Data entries
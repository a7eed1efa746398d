ghost use Rattle.std.specs.Prelude.{◌≡◌, ◌+◌, ◌<◌, ◌≤◌, [], ◌∷◌};
ghost use Rattle.arrayvec.specs.ArrayVec.{array_vec_len};
ghost use Rattle.turn_scene.specs.Bounds.{GoesOnSaying, HasRoom, MovesOnSaying, parts_of_journey};
ghost use Rattle.turn_scene.specs.Bounds.{parts_of_arrival, parts_of_command, room_of_request};
ghost use Rattle.turn_scene.specs.Bounds.{parts_of_request, parts_of_timed_request};
ghost use Rattle.turn_scene.specs.Bounds.{room_of_timed_request};
ghost use Rattle.turn_scene.specs.Scene.{scene_of, cave_of};
ghost use Rattle.cave_turn.specs.Commands.{with_magic_waiting, is_elsewhere, forget_knife_rows};
ghost use Rattle.cave_turn.specs.Commands.{after_travel, after_unknown_word, after_vanished_knives};
ghost use Rattle.cave_turn.specs.Commands.{after_next, followed, keep_half_command, do_verb};
ghost use Rattle.cave_turn.specs.Commands.{do_request, after_remembering, after_keeping};
ghost use Rattle.cave_turn.specs.Commands.{after_understood, after_words, after_unread};
ghost use Rattle.cave_turn.specs.Commands.{after_clocks, after_timed_words, after_command};
ghost use Rattle.cave_turn.specs.Commands.{do_action, verb_that_asks};
ghost use Rattle.cave_verbs.specs.Verbs.{verb_of};
ghost use Rattle.turn_scene.specs.Rows.{act_of, deed, Does, by_table};
ghost use Rattle.cave_world.specs.declared.tables.Table.TheVariants as table;
ghost use Rattle.cave_data.specs.CaveView.{CaveView};

use crate::finish::end_turn;
use crate::half_command::HalfCommand;
use crate::request::{Request, Understood, read_words};
use cave_verbs::{Next, Task, Verb, act_in_scene, tell_default};
use cave_words::{Named, Word, Words};
use cave_world::{Ending, Knife, Magic, Out, Part, RowNotes, State, Table, WordLine};
use data_rows::Role;
use turn_clocks::{Clocks, run_clocks};
use turn_ends::{ask, end_as};
use turn_moves::{arrive, describe_here, journey_by_request};
use turn_scene::{Rules, Scene, rows};
use world_objects::{Object, Place};

/// Does what a command line says.
#[tactic(auto, unfolding(crate::specs::Commands::after_command, crate::specs::Commands::begin_command))]
pub fn command<N: RowNotes>(
    rules: &Rules<'_>,
    line: &[u8],
    state: &mut State,
    out: &mut Out,
    notes: &mut N,
)
    requires parts { out.old.items ≡ [] }
    requires rows { N.rows notes.old ≡ [] }
    ensures state { (after_command (cave_of rules.now) line.now state.old).state ≡ state.new }
    ensures parts { (after_command (cave_of rules.now) line.now state.old).parts ≡ out.new.items }
    ensures rows { (after_command (cave_of rules.now) line.now state.old).rows ≡ N.rows notes.new }
    ensures few { array_vec_len out.new ≤ parts_of_command }
{
    wait_for_magic(state);
    let was_dark = state.dark(rules.cave, rules.thing(Named::Lamp));
    let words = rules.words_of(line);
    let mut scene = Scene::open(state, out, notes, was_dark);
    forget_knife(rules, &mut scene);
    do_timed_words(rules, words, &mut scene);
    end_turn(rules, &mut scene);
}

/// A magic word waits for the next command. If that says none, the words begin again.
fn wait_for_magic(state: &mut State)
    ensures { state.new ≡ with_magic_waiting state.old }
{
    let magic = state.talk.magic.value();
    state.talk.magic = Magic::new((-magic).min(0));
}

/// Whether a knife lies at another place than this.
fn is_elsewhere(here: Place, knife: Knife) -> bool
    ensures { result ≡ is_elsewhere here knife }
{
    match knife {
        Knife::At(place) => place != here,
        Knife::Unthrown | Knife::Vanished => false,
    }
}

/// Forgets a knife that was thrown elsewhere.
#[tactic(auto, unfolding(crate::specs::Commands::forget_knife_rows))]
fn forget_knife<N: RowNotes>(rules: &Rules<'_>, scene: &mut Scene<'_, N>)
    ensures rows { Does N.rows (by_table table.KnifeForgotten forget_knife_rows ∷ []) 0 rules.now tt
        scene.old scene.new }
{
    rows! { scene, Table::KnifeForgotten;
        is_elsewhere(scene.state.trail.here, scene.state.dwarves.knife)
            => { scene.state.dwarves.knife = Knife::Unthrown; };
    }
}

#[tactic(auto, unfolding(crate::specs::Commands::after_travel))]
fn travel_by<N: RowNotes>(rules: &Rules<'_>, motion: u16, scene: &mut Scene<'_, N>)
    requires { HasRoom (parts_of_arrival scene.old.left + parts_of_journey) scene.old }
    ensures scene { scene_of N.rows scene.new
        ≡ after_travel (cave_of rules.now) motion (scene_of N.rows scene.old) }
    ensures says { MovesOnSaying (parts_of_arrival scene.old.left + parts_of_journey) scene.old
        scene.new }
{
    let place = journey_by_request(rules, motion, scene);
    arrive(rules, place, scene);
}

/// Says that the cave doesn't have the word.
#[tactic(auto, unfolding(crate::specs::Commands::after_unknown_word, crate::specs::Commands::unknown_word_rows))]
fn tell_unknown_word<N: RowNotes>(rules: &Rules<'_>, scene: &mut Scene<'_, N>)
    requires { HasRoom 1 scene.old }
    ensures scene { scene_of N.rows scene.new
        ≡ after_unknown_word (cave_of rules.now) (scene_of N.rows scene.old) }
    ensures says { GoesOnSaying 1 scene.old scene.new }
{
    let first = scene.happens(20);
    let second = scene.happens(20);
    rows! { scene, Table::UnknownWord;
        second => say(Role::NoWord3);
        first => say(Role::NoWord2);
        otherwise => say(Role::NoWord);
    }
}

/// Says that the knives vanished.
fn tell_vanished_knives<N: RowNotes>(scene: &mut Scene<'_, N>)
    requires { HasRoom 1 scene.old }
    ensures scene { scene_of N.rows scene.new ≡ after_vanished_knives (scene_of N.rows scene.old) }
    ensures says { GoesOnSaying 1 scene.old scene.new }
{
    scene.state.dwarves.knife = Knife::Vanished;
    scene.say(Role::Knife);
}

/// Does what a verb left to the turn.
fn do_next<N: RowNotes>(rules: &Rules<'_>, next: &Next, scene: &mut Scene<'_, N>)
    requires { HasRoom (parts_of_arrival scene.old.left) scene.old }
    ensures scene { scene_of N.rows scene.new
        ≡ after_next (cave_of rules.now) next.now (scene_of N.rows scene.old) }
    ensures says { MovesOnSaying (parts_of_arrival scene.old.left) scene.old scene.new }
{
    match next {
        Next::Stay | Next::Keep => {}
        Next::Describe => describe_here(rules, scene),
        Next::Arrive(place) => arrive(rules, *place, scene),
        Next::Ask(question) => ask(rules, question, scene),
        Next::End(ending) => end_as(rules, *ending, scene),
    }
}

/// Does a verb by the first of its rows that fits, and then what follows, which is returned.
#[tactic(auto, unfolding(crate::specs::Commands::do_verb))]
fn do_verb<N: RowNotes>(rules: &Rules<'_>, task: Task, scene: &mut Scene<'_, N>) -> Next
    requires { HasRoom (room_of_request scene.old.left) scene.old }
    ensures scene { act_of (scene_of N.rows scene.new) result
        ≡ do_verb (cave_of rules.now) task (scene_of N.rows scene.old) }
    ensures says { MovesOnSaying (parts_of_request scene.old.left) scene.old scene.new }
{
    let next = act_in_scene(rules, task, scene);
    do_next(rules, &next, scene);
    next
}

/// Does an action by its rules, if it has any; otherwise says what the cave says of it.
fn do_action<N: RowNotes>(
    rules: &Rules<'_>,
    number: u16,
    object: Object,
    word: Word,
    scene: &mut Scene<'_, N>,
) -> Next
    requires { HasRoom (room_of_request scene.old.left) scene.old }
    ensures scene { act_of (scene_of N.rows scene.new) result
        ≡ do_action (cave_of rules.now) (verb_of number) number object word
        (scene_of N.rows scene.old) }
    ensures says { MovesOnSaying (parts_of_request scene.old.left) scene.old scene.new }
{
    match Verb::try_from(number) {
        Ok(verb) => do_verb(rules, Task::of(verb, object, word), scene),
        Err(_) => {
            tell_default(rules, number, scene);
            Next::Stay
        }
    }
}

/// Does what was read. Returns what a verb leaves to the turn.
fn do_request<N: RowNotes>(rules: &Rules<'_>, request: &Request, scene: &mut Scene<'_, N>) -> Next
    requires { HasRoom (room_of_request scene.old.left) scene.old }
    ensures scene { act_of (scene_of N.rows scene.new) result
        ≡ do_request (cave_of rules.now) request.now (scene_of N.rows scene.old) }
    ensures says { MovesOnSaying (parts_of_request scene.old.left) scene.old scene.new }
{
    match request {
        Request::Unknown => {
            tell_unknown_word(rules, scene);
            Next::Stay
        }
        Request::Motion(motion) => {
            travel_by(rules, *motion, scene);
            Next::Stay
        }
        Request::Tell(part) => {
            scene.tell(*part);
            Next::Stay
        }
        Request::Knives => {
            tell_vanished_knives(scene);
            Next::Stay
        }
        Request::Act(number, object, word) => do_action(rules, *number, *object, *word, scene),
        Request::WhatToDo(word) => {
            scene.tell(Part::Word(WordLine::WhatToDo, *word));
            Next::Stay
        }
    }
}

/// The number of the verb that asks for its object, if one does.
fn verb_that_asks(request: &Request, next: &Next) -> Option<u16>
    ensures { result ≡ verb_that_asks request.now next.now }
{
    match (request, next) {
        (Request::Act(number, _, _), Next::Keep) => Some(*number),
        _ => None,
    }
}

/// What is kept for the next command: the verb that asks for its object, or what was said so far.
#[tactic(auto, unfolding(crate::specs::Commands::keep_half_command))]
fn keep_half_command<N: RowNotes>(
    understood: &Understood,
    next: &Next,
    scene: &mut Scene<'_, N>,
) -> Option<HalfCommand>
    ensures kept { (cave : CaveView) → act_of (scene_of N.rows scene.new) result
        ≡ keep_half_command
        (deed cave (followed understood.now next.now) (scene_of N.rows scene.old)) }
    ensures says { GoesOnSaying 0 scene.old scene.new }
{
    let verb = verb_that_asks(&understood.request, next);
    let verb_alone = HalfCommand {
        verb,
        object: Object::none(),
    };
    rows! { scene, Table::HalfCommand, None;
        verb.is_some() => {} -> Some(verb_alone);
        matches!(understood.request, Request::WhatToDo(_)) => {} -> Some(understood.half);
        matches!(understood.request, Request::Unknown) => {} -> Some(understood.half);
        otherwise => {};
    }
}

/// Remembers what is kept. If nothing is, the object that was read becomes the last object.
fn remember_command(kept: Option<HalfCommand>, object: Object, state: &mut State)
    ensures { state.new ≡ after_remembering kept object state.old }
{
    match kept {
        Some(half) => {
            state.talk.verb = half.verb;
            state.talk.object = half.object;
        }
        None => {
            state.talk.verb = None;
            state.talk.object = Object::none();
            state.talk.last = object;
        }
    }
}

/// Does what was read, and remembers what is left of it.
#[tactic(auto, unfolding(crate::specs::Commands::after_understood, crate::specs::Commands::after_keeping))]
fn do_understood<N: RowNotes>(rules: &Rules<'_>, understood: &Understood, scene: &mut Scene<'_, N>)
    requires { HasRoom (room_of_request scene.old.left) scene.old }
    ensures scene { scene_of N.rows scene.new
        ≡ after_understood (cave_of rules.now) understood.now (scene_of N.rows scene.old) }
    ensures says { MovesOnSaying (parts_of_request scene.old.left) scene.old scene.new }
{
    let next = do_request(rules, &understood.request, scene);
    let kept = keep_half_command(understood, &next, scene);
    remember_command(kept, understood.half.object, scene.state);
}

/// Does what the words of a line say.
fn do_words<N: RowNotes>(rules: &Rules<'_>, words: Words, scene: &mut Scene<'_, N>)
    requires { HasRoom (room_of_request scene.old.left) scene.old }
    ensures scene { scene_of N.rows scene.new
        ≡ after_words (cave_of rules.now) words.first words.second (scene_of N.rows scene.old) }
    ensures says { MovesOnSaying (parts_of_request scene.old.left) scene.old scene.new }
{
    match words.first {
        None => {}
        Some(word) => {
            let understood = read_words(rules, word, words.second, scene);
            do_understood(rules, &understood, scene);
        }
    }
}

/// A command that isn't read leaves nothing for the next line.
#[tactic(auto, unfolding(crate::specs::Commands::after_keeping))]
fn leave_unread<N: RowNotes>(scene: &mut Scene<'_, N>)
    ensures scene { scene_of N.rows scene.new ≡ after_unread (scene_of N.rows scene.old) }
    ensures says { GoesOnSaying 0 scene.old scene.new }
{
    remember_command(None, Object::none(), scene.state);
}

/// Does what the clocks leave of a command.
fn go_on_after_clocks<N: RowNotes>(
    rules: &Rules<'_>,
    words: Words,
    clocks: Clocks,
    scene: &mut Scene<'_, N>,
)
    requires { HasRoom (room_of_request scene.old.left) scene.old }
    ensures scene { scene_of N.rows scene.new
        ≡ after_clocks (cave_of rules.now) words clocks (scene_of N.rows scene.old) }
    ensures says { MovesOnSaying (parts_of_request scene.old.left) scene.old scene.new }
{
    match clocks {
        Clocks::GoOn => do_words(rules, words, scene),
        Clocks::GaveUp => {
            end_as(rules, Ending::Quit, scene);
            leave_unread(scene);
        }
        Clocks::Closed(place) => {
            arrive(rules, place, scene);
            leave_unread(scene);
        }
    }
}

/// Runs the clocks, and does what the words of the line say.
#[tactic(auto, unfolding(crate::specs::Commands::after_timed_words))]
fn do_timed_words<N: RowNotes>(rules: &Rules<'_>, words: Words, scene: &mut Scene<'_, N>)
    requires { HasRoom (room_of_timed_request scene.old.left) scene.old }
    ensures scene { scene_of N.rows scene.new
        ≡ after_timed_words (cave_of rules.now) words (scene_of N.rows scene.old) }
    ensures says { MovesOnSaying (parts_of_timed_request scene.old.left) scene.old scene.new }
{
    let clocks = run_clocks(rules, scene);
    go_on_after_clocks(rules, words, clocks, scene);
}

▸ TASK REQUIREMENTS: Which lines above contain the word "WhatToDo"? Copy all of them.

▸ EXERCISE ANSWER:
        Request::WhatToDo(word) => {
            scene.tell(Part::Word(WordLine::WhatToDo, *word));
        matches!(understood.request, Request::WhatToDo(_)) => {} -> Some(understood.half);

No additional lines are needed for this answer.